In pre-T20 days, playing on the maidans was not so risky. “The players would hit along the ground. After the advent of T20 cricket, it has become a power game. The moment the coach turns his back, the players start hitting aerial shots. In groundstrokes, you are hit on the legs but when it comes to aerial shots, your face or head is in danger,” said Ramesh Vazge, former managing committee member who coaches at New Hind SC ground.

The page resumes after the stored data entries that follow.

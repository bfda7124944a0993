//! What no clause says: worked examples of dates, those of RFC 3339 and of the calendar's ends.
use cfg_json::{parse_date, parse_offset_date, write_date};
use cfg_types::{Instant, OutOfMemory};
use std::alloc::Global;
use std::test::Fail;

// The seconds, and the date that is written for them.
fn moment_words(alloc: Global, moment: Option<Instant>) -> Result<String, OutOfMemory> {
    let Some(moment) = moment else {
        return Ok(String::from_str(alloc, "-")?);
    };
    let seconds = moment.seconds();
    let date = write_date(alloc, moment)?;
    Ok(format!(in alloc; "{seconds} {date:?}")?)
}

const DATES: &[(&str, &str)] = &[
    (
        "1985-04-12T23:20:50.52Z",
        "482196050 Some(\"1985-04-12T23:20:50.52Z\")",
    ),
    (
        "1996-12-20T00:39:57Z",
        "851042397 Some(\"1996-12-20T00:39:57Z\")",
    ),
    (
        "2009-02-13t23:31:30.500z",
        "1234567890 Some(\"2009-02-13T23:31:30.5Z\")",
    ),
    (
        "2009-02-13T23:31:30.123456789Z",
        "1234567890 Some(\"2009-02-13T23:31:30.123456789Z\")",
    ),
    (
        "2016-02-29T00:00:00Z",
        "1456704000 Some(\"2016-02-29T00:00:00Z\")",
    ),
    (
        "2000-02-29T00:00:00Z",
        "951782400 Some(\"2000-02-29T00:00:00Z\")",
    ),
    (
        "0001-01-01T00:00:00Z",
        "-62135596800 Some(\"0001-01-01T00:00:00Z\")",
    ),
    (
        "9999-12-31T23:59:59.999999999Z",
        "253402300799 Some(\"9999-12-31T23:59:59.999999999Z\")",
    ),
    (
        "1969-12-31T23:59:59.5Z",
        "-1 Some(\"1969-12-31T23:59:59.5Z\")",
    ),
    ("", "-"),
    ("1996-12-19T16:39:57-08:00", "-"),
    ("1990-12-31T23:59:60Z", "-"),
    ("2009-02-13T23:31:30.1234567890Z", "-"),
    ("2009-02-13T23:31:30.Z", "-"),
    ("2009-02-13 23:31:30Z", "-"),
    ("2009-02-13T23:31:30", "-"),
    ("2009-2-13T23:31:30Z", "-"),
    ("2016-12-31T24:00:00Z", "-"),
    ("2016-12-31T23:60:00Z", "-"),
    ("2015-02-29T00:00:00Z", "-"),
    ("1900-02-29T00:00:00Z", "-"),
    ("2016-13-01T00:00:00Z", "-"),
    ("2016-01-00T00:00:00Z", "-"),
    ("2016-04-31T00:00:00Z", "-"),
    ("0000-12-31T23:59:59Z", "-"),
];

const OFFSETS: &[(&str, &str)] = &[
    (
        "1996-12-19T16:39:57-08:00",
        "851042397 Some(\"1996-12-20T00:39:57Z\")",
    ),
    (
        "1937-01-01T12:00:27.87+00:20",
        "-1041337173 Some(\"1937-01-01T11:40:27.87Z\")",
    ),
    (
        "2022-05-02T18:36:00Z",
        "1651516560 Some(\"2022-05-02T18:36:00Z\")",
    ),
    ("0001-01-01T00:00:00+00:01", "-62135596860 None"),
    ("9999-12-31T23:59:59-00:01", "253402300859 None"),
    ("2022-05-02T18:36:00+24:00", "-"),
    ("2022-05-02T18:36:00+02:60", "-"),
    ("2022-05-02T18:36:00+0200", "-"),
    ("2022-05-02T18:36:00+02", "-"),
];

#[test]
fn dates_of_texts(rt: HostRuntime) -> Result<(), Fail> {
    for (text, want) in DATES {
        let words = moment_words(rt.alloc(), parse_date(text))?;
        assert_eq!(rt; words.as_str(), *want, "{text}");
    }
    for (text, want) in OFFSETS {
        let words = moment_words(rt.alloc(), parse_offset_date(text))?;
        assert_eq!(rt; words.as_str(), *want, "{text}");
    }
    Ok(())
}
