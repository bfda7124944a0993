//! What no clause says: the documents that the crate's own tests have, and printed texts.
use cfg_json::{parse_credential_process_json_credentials, parse_json_credentials};
use cfg_types::{AccountId, OutOfMemory};
use std::alloc::{AllocError, Global};
use std::test::Fail;

fn words_of_document(alloc: Global, text: &str) -> Result<String, AllocError> {
    match parse_json_credentials(alloc, text) {
        Ok(document) => format!(in alloc; "{document:?} {document:#?}"),
        Err(e) => format!(in alloc; "{e}"),
    }
}

// The keys of a process's document, of a profile with an account.
fn words_of_process(alloc: Global, text: &str) -> Result<String, OutOfMemory> {
    let profile = AccountId::new(alloc, "9")?;
    match parse_credential_process_json_credentials(alloc, text, Some(&profile)) {
        Ok(keys) => Ok(format!(in alloc; "{keys:?}")?),
        Err(e) => Ok(format!(in alloc; "{e}")?),
    }
}

const DOCUMENTS: &[(&str, &str)] = &[
    (
        "{\"AccessKeyId\":\"MUA\",\"SecretAccessKey\":\"SSS\",\"Token\":\"TTT\",\"AccountId\":\"1\",\"Expiration\":\"2016-02-25T06:03:31Z\"}",
        "RefreshableCredentials { access_key_id: \"MUA\", secret_access_key: \"** redacted **\", session_token: \"** redacted **\", account_id: \"1\", expiration: 1456380211 s 0 ns } RefreshableCredentials { access_key_id: \"MUA\", secret_access_key: \"** redacted **\", session_token: \"** redacted **\", account_id: \"1\", expiration: 1456380211 s 0 ns }",
    ),
    (
        "{\"Code\":\"x\",\"MESSAGE\":\"m\"}",
        "Error { code: \"x\", message: \"m\" } Error { code: \"x\", message: \"m\" }",
    ),
    (
        "{\"AccessKeyId\":\"MUA\",\"SecretAccessKey\":\"S\",\"Expiration\":\"2016-02-25T06:03:31Z\"}",
        "Expected field `Token` in response but it was missing",
    ),
    (
        "{\"AccessKeyId\":\"MUA\",\"SecretAccessKey\":\"S\",\"Token\":\"T\",\"Expiration\":\"x\"}",
        "Invalid field in response: `Expiration`. not a date",
    ),
    (
        "404: not found",
        "invalid JSON in response: expected a JSON document starting with `{`",
    ),
    ("{} {}", "found more JSON tokens after completing parsing"),
    ("{\"a\":1", "invalid JSON in response: malformed JSON"),
];

const PROCESSES: &[(&str, &str)] = &[
    (
        "{\"Version\":1,\"AccessKeyId\":\"A\",\"SecretAccessKey\":\"S\",\"SessionToken\":\"T\",\"Expiration\":\"2022-05-02T18:36:00+02:00\"}",
        "Credentials { provider_name: \"CredentialProcess\", access_key_id: \"A\", secret_access_key: \"** redacted **\", expires_after: 1651509360 s 0 ns, account_id: \"9\" }",
    ),
    (
        "{\"Version\":1.0}",
        "Invalid field in response: `Version`. not a whole number of 32 bits",
    ),
    (
        "{\"Version\":-2147483648}",
        "Invalid field in response: `version`. unknown version number: -2147483648",
    ),
    (
        "{\"Version\":\"1\"}",
        "Expected field `Version` in response but it was missing",
    ),
];

#[test]
fn documents_of_texts(rt: HostRuntime) -> Result<(), Fail> {
    for (text, want) in DOCUMENTS {
        let words = words_of_document(rt.alloc(), text)?;
        assert_eq!(rt; words.as_str(), *want, "{text}");
    }
    for (text, want) in PROCESSES {
        let words = words_of_process(rt.alloc(), text)?;
        assert_eq!(rt; words.as_str(), *want, "{text}");
    }
    Ok(())
}
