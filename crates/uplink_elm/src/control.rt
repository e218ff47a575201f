// What the first byte of a message says of the format, RC and NC; of no bytes, as of a byte 0.
ghost use Rattle.std.specs.Prelude.{◌<◌, ◌≡◌, get_or};
ghost use Rattle.uplink_elm.specs.Segments.{is_extended, reply_control, segment_number, bit_of};
ghost use Rattle.uplink_elm.specs.Control.{number_of, control_of};

// What a segment is sent for, by its RC (reply control): it opens a message, is one of a round, or asks for the acknowledgement.
//
// Three cases with a number each, as the Grade of a reply has in the roll call: no one enum would serve both, nor one conversion.
#[derive(Clone, Copy, Debug, PartialEq, Eq)]
pub enum Control {
    Opening,
    Round,
    Exchange,
}

// Its RC.
impl From<Control> for u8 {
    ghost from_gives = { λ control n. n ≡ number_of control };

    fn from(control: Control) -> u8 {
        match control {
            Control::Opening => 0,
            Control::Round => 1,
            Control::Exchange => 2,
        }
    }
}

// The number of a segment, NC (number of C-segment): one of 16.
#[derive(Clone, Copy)]
pub(crate) struct Number {
    pub(crate) value: u8,
    ghost one_of_16: { value < 16 },
}

impl Number {
    // Its bit in the numbers held.
    #[tactic(auto, using(crate::proofs::Numbers::bit_exact))]
    pub(crate) fn bit(self) -> u16
        ensures { result ≡ bit_of self.value }
    {
        1 << (15 - self.value)
    }
}

#[tactic(auto, unfolding(crate::specs::Segments::is_extended))]
pub(crate) fn is_extended(m: &[u8]) -> bool
    ensures { result ≡ is_extended m.now }
{
    first_byte(m) / 64 == 3
}

// None of RC 3. The other way from `From<Control>`, and no `TryFrom`: its error would say no more than None does.
#[tactic(auto, unfolding(crate::specs::Segments::reply_control))]
pub(crate) fn reply_control(m: &[u8]) -> Option<Control>
    ensures { result ≡ control_of (reply_control m.now) }
{
    match first_byte(m) / 16 % 4 {
        0 => Some(Control::Opening),
        1 => Some(Control::Round),
        2 => Some(Control::Exchange),
        _ => None,
    }
}

#[tactic(auto, unfolding(crate::specs::Segments::segment_number))]
pub(crate) fn segment_number(m: &[u8]) -> Number
    ensures { result.value ≡ segment_number m.now }
{
    Number {
        value: first_byte(m) % 16,
    }
}

fn first_byte(m: &[u8]) -> u8
    ensures { result ≡ get_or m.now 0 0 }
{
    m.first().copied().unwrap_or(0)
}
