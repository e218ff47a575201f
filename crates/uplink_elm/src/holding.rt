// Which numbers are held: 16 bits, the top one for number 0.
ghost use Rattle.std.specs.Prelude.{suc, ◌≡◌};
ghost use Rattle.uplink_elm.specs.Segments.{is_held, all_below};

use crate::{Progress, Receiver};

impl Receiver {
    ghost use Rattle.uplink_elm.specs.Receiving.{is_whole, progress_of};

    pub(crate) fn progress(self) -> Progress
        ensures { result ≡ progress_of self }
    {
        Progress {
            acknowledgement: self.held,
            whole: self.is_whole(),
        }
    }

    #[tactic(auto, unfolding(crate::specs::Receiving::is_whole))]
    fn is_whole(self) -> bool
        ensures { result ≡ is_whole self }
    {
        self.opened && all_held(self.held, self.last)
    }
}

// All numbers up to the last. A loop, since of `(0..last).all(..)` the check does not find what the closure answers at each number.
#[tactic(auto, using(crate::proofs::Numbers::lacks), unfolding(crate::specs::Segments::all_below))]
fn all_held(held: u16, last: u8) -> bool
    ensures { result ≡ all_below (is_held held) (suc last) }
{
    for n in 0..last {
        if !is_held(held, n) {
            return false;
        }
    }
    is_held(held, last)
}

// Whether a number is held; one above 15 never is.
#[tactic(auto, unfolding(crate::specs::Segments::is_held))]
pub fn is_held(held: u16, number: u8) -> bool
    ensures { result ≡ is_held held number }
{
    number < 16 && (held >> (15 - number)) % 2 == 1
}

Deaths due to head injuries have occurred during cricket games while fielding in close-in positions or by being hit by a bouncer. The risk at Mumbai’s maidans is that the matches are played on pitches adjacent to each other. Matunga and Cross Maidan have multiple grounds which are cramped together and don’t have much distance between them.

Sachin Koli, coach of IES Raje Shivaji (English Medium), who practices at the Matunga maidan, said: “If you get hit on any other part of the body, you will suffer a fracture but a hit on the head can result in death. So, we make our players fielding on the plots (pitch area) wear helmets compulsorily. There was an incident where a school player got hit on the shoulder, and after that we took this decision. For the small kids we have made it compulsory; the bigger players don’t wear it,” he added.

Vazge, who has also suffered broken teeth while fielding at the Matunga ground, said it was the first time he had heard of a death at the maidan in his 35 years of visiting it. “I broke my teeth while taking fielding practice here as my attention was diverted to a shot played towards my side. But this time, a player has died on the ground.”

Former Western Railway player Raja Bhosale, who coaches kids at the Matunga Premier School ground, doesn’t see any solution given the lack of space. “Often, in our matches we don’t place players close to the batters. We keep it open, at the cost of conceding runs,” he said.

Coach Ganesh, who watched the incident, advocated that teams should come to an understanding to have one match at a time.

Former Mumbai Ranji player Pradeep Kasliwal, who is a regular at the Matunga ground, feels there is need to develop more grounds on the outskirts of the city. “It is high time we should start moving away from the center of the city. We need to develop more grounds on the outskirts of Mumbai.”

Meanwhile, the Matunga police have registered an accidental death report (ADR) in the matter and are inquiring how two cricket matches that too with season ball were played so close to each other. “If the family has any complaint and after our inquiry, we will decide the further course of investigation,” said a police officer.